- Material supplied -
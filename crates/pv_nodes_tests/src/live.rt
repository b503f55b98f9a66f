//! An Update Centre over a disk in memory, which threads share.
ghost use Rattle.std.specs.Prelude.{◌≡◌, None, IfOk, IfSome};
ghost use Rattle.pv_node.specs.Standing.{StandsFor};
ghost use Rattle.pv_edits.specs.Taken.{IsCentre};
ghost use Rattle.pv_udc.specs.Requests.{IsRequest};
ghost use Rattle.pv_live.specs.Opening.{IsPassCount};

use pv_charge::Line;
use pv_edits::{EditWish, Record};
use pv_frame::Frame;
use pv_journal::format;
use pv_live::{Live, LiveFault, Pass, Run, Start, open_live};
use pv_memory::MemDisk;
use pv_node::{Node, Rules};
use pv_outside::{Limits, Reports};
use pv_page::{AccountNo, FrameName};
use pv_post::Item;
use pv_udc::{UdcReply, UdcRequest, UdcRules};
use std::alloc::Global;
use std::marker::Brand;
use std::sync::{Mutex, Wait};
use std::test::Fail;
use std::thread::{Threads, for_each_mut};

/// Room for two frames and a thousand records.
pub(crate) const LIMITS: Limits = Limits {
    frames: 2,
    records: 1_000,
};

pub(crate) type Udc = Node<UdcRules, MemDisk>;

/// A fresh Update Centre, of whose disk the calls of these numbers fail. The first seven are those of the
/// formatting and the opening.
pub(crate) fn fresh(alloc: Global, fails: &[u64]) -> Result<Udc, Fail>
    ensures stands { IfOk result
        (λ node. StandsFor ⟦<UdcRules as Rules>⟧ ⟦<MemDisk as Reports>⟧ node node.state.records) }
    ensures rest { IfOk result (λ node. node.hand ≡ None) }
{
    let mut disk = MemDisk::new(alloc, 2_000_000, fails)?;
    format(&mut disk)?;
    match Node::open(alloc, disk, LIMITS) {
        Ok(node) => Ok(node),
        Err(_) => Err("not opened".into()),
    }
}

/// The frame's name.
fn name() -> Option<FrameName> {
    FrameName::of_text(b"1a")
}

/// The operator's edit of this number: a blank frame.
pub(crate) fn edit(q: u32) -> Option<UdcRequest>
    ensures { IfSome result (λ request. IsRequest request) }
{
    Some(UdcRequest::Edit {
        editor: AccountNo::of_number(0)?,
        q,
        wish: EditWish::Put {
            name: name()?,
            frame: Frame::blank(),
        },
    })
}

/// The item of this number of a centre.
pub(crate) fn item(centre: u8, k: u64) -> Option<UdcRequest>
    requires { IsCentre centre }
    ensures { IfSome result (λ request. IsRequest request) }
{
    let line = Line {
        serial: 0,
        number: 0,
        account: AccountNo::of_number(1_000_000_001)?,
        name: name()?,
        price: 25,
        moment: 9,
    };
    Some(UdcRequest::TakeUp {
        centre,
        k,
        item: Item::Charge(line),
    })
}

/// How many asks for an edit failed, the first reply, and the place of the record that it stored.
pub(crate) type Reply = (u64, UdcReply, Option<u64>);

/// The first reply to an edit, of which a record may be stored at this place alone.
fn first_reply<N: Run<Record>, H: Wait + Drop, R: Wait>(
    rt: &R,
    live: &Live<UdcRules, MemDisk, N, H>,
    pass: &mut Pass<UdcRules, N>,
    request: &UdcRequest,
    place: u64,
) -> Option<Reply>
    requires { IsRequest request.now }
{
    for faults in 0..9 {
        match live.ask(rt, pass, request) {
            Ok(told) => return Some((faults, told.reply, told.number)),
            Err(LiveFault::Memory { stored: Some(at) }) if at != place => return None,
            Err(_) => {}
        }
    }
    None
}

/// The first reply to the first of these edits, if each of the others is stored at the place before its number.
fn store_each<N: Run<Record>, H: Wait + Drop, R: Wait>(
    rt: &R,
    live: &Live<UdcRules, MemDisk, N, H>,
    pass: &mut Pass<UdcRules, N>,
    edits: u32,
) -> Option<Reply> {
    let first = first_reply(rt, live, pass, &edit(1)?, 0)?;
    for number in 1..edits {
        let place = u64::from(number);
        let (_, reply, _) = first_reply(rt, live, pass, &edit(number + 1)?, place)?;
        if reply != UdcReply::Stored(place) && reply != UdcReply::Again(place) {
            return None;
        }
    }
    Some(first)
}

/// How many records a pass sees, and whether it sees the frame.
fn seen<N: Run<Record>>(pass: &mut Pass<UdcRules, N>) -> Option<(u64, bool)> {
    let name = name()?;
    let seen = pass.look(|udc| (udc.front(), udc.base().get(name).is_some()));
    seen.ok()
}

/// The first reply to the first edit, what the pass sees then, how many records were stored, and how many there are.
type Outcome = (Option<Reply>, Option<(u64, bool)>, u64, u64);

/// The first of the passes asks for these edits, each until there is a reply.
fn edit_each<N: Run<Record> + Send + Sync, R: Wait>(
    rt: &R,
    alloc: Global,
    node: Udc,
    start: Start<Record>,
    passes: usize,
    edits: u32,
) -> Result<Outcome, Fail>
    requires stands { StandsFor ⟦<UdcRules as Rules>⟧ ⟦<MemDisk as Reports>⟧ node N.opening }
    requires rest { (node.hand ≡ None) × (node.state.limits ≡ N.limits) }
    requires passes { (passes ≡ N.passes) × IsPassCount passes }
    requires start { start ≡ record { book = N.book; told = N.told; failed = N.failed; passes = N.passes } }
{
    let (live, mut all) = open_live::<UdcRules, MemDisk, N, &R>(rt, alloc, node, passes, start)?;
    let first = store_each(rt, &live, &mut all[0], edits);
    let seen = seen(&mut all[0]);
    let closed = live.close(all);
    Ok((first, seen, closed.asked, closed.node.count()))
}

/// What comes of these edits of one of the passes at a fresh node, of whose disk these calls fail.
fn edited<R: Wait>(
    rt: &R,
    alloc: Global,
    fails: &[u64],
    passes: usize,
    edits: u32,
) -> Result<Outcome, Fail>
    requires { IsPassCount passes }
{
    let node = fresh(alloc, fails)?;
    edit_each::<Brand, _>(rt, alloc, node, Start::new(passes as u64), passes, edits)
}

#[test]
fn edit_is_seen_by_the_next_look(rt: HostRuntime) -> Result<(), Fail> {
    let first = (0, UdcReply::Stored(0), Some(0));
    assert_eq!(rt;
        edited(&rt, rt.alloc(), &[], 2, 1)?,
        (Some(first), Some((1, true)), 1, 1)
    );
    Ok(())
}

#[test]
fn edit_is_stored_once_wherever_the_disk_fails(rt: HostRuntime) -> Result<(), Fail> {
    // The calls 7 to 10 are those of the first append: two writes, each with its sync. The next two are those of
    // a settling: a sync and a read.
    let table: [(&[u64], UdcReply, Option<u64>); 8] = [
        (&[7], UdcReply::Stored(0), Some(0)),
        (&[8], UdcReply::Stored(0), Some(0)),
        (&[9], UdcReply::Stored(0), Some(0)),
        (&[10], UdcReply::Again(0), None),
        (&[9, 10], UdcReply::Stored(0), Some(0)),
        (&[9, 11], UdcReply::Stored(0), Some(0)),
        (&[10, 12], UdcReply::Again(0), None),
        (&[10, 11, 12], UdcReply::Again(0), None),
    ];
    for (fails, reply, number) in table {
        let first = (fails.len() as u64, reply, number);
        assert_eq!(rt;
            edited(&rt, rt.alloc(), fails, 1, 1)?,
            (Some(first), Some((1, true)), 1, 1),
            "calls {fails:?} failed"
        );
    }
    Ok(())
}

#[test]
fn edits_are_stored_once_if_a_publishing_is_refused(rt: HostRuntime) -> Result<(), Fail> {
    // With ample memory none is refused. The second disk fails at the last call of the first append, so that the
    // next ask settles the record and publishes it.
    let table: [(&[u64], Reply); 2] = [
        (&[], (0, UdcReply::Stored(0), Some(0))),
        (&[10], (1, UdcReply::Again(0), None)),
    ];
    for (fails, first) in table {
        assert_eq!(rt;
            edited(&rt, rt.alloc(), fails, 1, 3)?,
            (Some(first), Some((3, true)), 3, 3)
        );
    }
    Ok(())
}

/// Whether each ask of a pass stores a record and returns its place: the operator's edits, or the items of a
/// centre.
fn ask_each<N: Run<Record>, H: Wait + Drop, R: Wait>(
    rt: &R,
    live: &Live<UdcRules, MemDisk, N, H>,
    pass: &mut Pass<UdcRules, N>,
    asker: usize,
    asks: u32,
) -> bool {
    for n in 0..asks {
        let request = match asker {
            0 => edit(n + 1),
            1 => item(1, u64::from(n)),
            2 => item(2, u64::from(n)),
            _ => item(3, u64::from(n)),
        };
        let Some(request) = request else {
            return false;
        };
        let Ok(told) = live.ask(rt, pass, &request) else {
            return false;
        };
        let place = told.number.unwrap_or(u64::MAX);
        if told.reply != UdcReply::Stored(place) || place >= pass.length() {
            return false;
        }
    }
    true
}

/// Whether many looks of a pass each find what the one before found, or more, and are let in.
fn look_often<N: Run<Record>>(pass: &mut Pass<UdcRules, N>) -> bool {
    let mut last = 0;
    for _ in 0..2_000 {
        if let Ok(count) = pass.look(|udc| udc.front()) {
            if count < last || count != pass.length() {
                return false;
            }
            last = count;
        }
    }
    pass.looks() > 0
}

/// The first of the passes ask, each this many times, and the others look. Each has a thread. Returns whether an ask or
/// a look went wrong, and how many records were stored.
fn crowd<N: Run<Record> + Send + Sync, R: Threads + Wait + Sync>(
    rt: &R,
    alloc: Global,
    node: Udc,
    start: Start<Record>,
    passes: usize,
    askers: u32,
    asks: u32,
) -> Result<(bool, u64), Fail>
    requires stands { StandsFor ⟦<UdcRules as Rules>⟧ ⟦<MemDisk as Reports>⟧ node N.opening }
    requires rest { (node.hand ≡ None) × (node.state.limits ≡ N.limits) }
    requires passes { (passes ≡ N.passes) × IsPassCount passes }
    requires start { start ≡ record { book = N.book; told = N.told; failed = N.failed; passes = N.passes } }
{
    let (live, mut all) = open_live::<UdcRules, MemDisk, N, &R>(rt, alloc, node, passes, start)?;
    let failed = Mutex::new(false);
    for_each_mut(
        rt,
        &mut all,
        passes,
        &|number, pass: &mut Pass<UdcRules, N>| {
            let is_right = if number < askers as usize {
                ask_each(rt, &live, pass, number, asks)
            } else {
                look_often(pass)
            };
            if !is_right {
                *failed.lock(rt) = true;
            }
        },
    );
    let closed = live.close(all);
    Ok((failed.into_inner(), closed.asked))
}

/// What comes of asks and looks of the passes of a fresh node.
fn crowded<R: Threads + Wait + Sync>(
    rt: &R,
    alloc: Global,
    passes: usize,
    askers: u32,
    asks: u32,
) -> Result<(bool, u64), Fail>
    requires { IsPassCount passes }
{
    let node = fresh(alloc, &[])?;
    crowd::<Brand, _>(
        rt,
        alloc,
        node,
        Start::new(passes as u64),
        passes,
        askers,
        asks,
    )
}

#[test]
fn two_threads_look_while_a_third_asks(rt: HostRuntime) -> Result<(), Fail> {
    assert_eq!(rt; crowded(&rt, rt.alloc(), 3, 1, 100)?, (false, 100));
    Ok(())
}

#[test]
fn no_look_is_older_than_the_one_before_it(rt: HostRuntime) -> Result<(), Fail> {
    assert_eq!(rt; crowded(&rt, rt.alloc(), 12, 4, 250)?, (false, 1_000));
    Ok(())
}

- What to do -
Write out every line in the data that holds the string "many".

- Result of the task -
/// How many asks for an edit failed, the first reply, and the place of the record that it stored.
/// How many records a pass sees, and whether it sees the frame.
/// The first reply to the first edit, what the pass sees then, how many records were stored, and how many there are.
/// Whether many looks of a pass each find what the one before found, or more, and are let in.
/// The first of the passes ask, each this many times, and the others look. Each has a thread. Returns whether an ask or
/// a look went wrong, and how many records were stored.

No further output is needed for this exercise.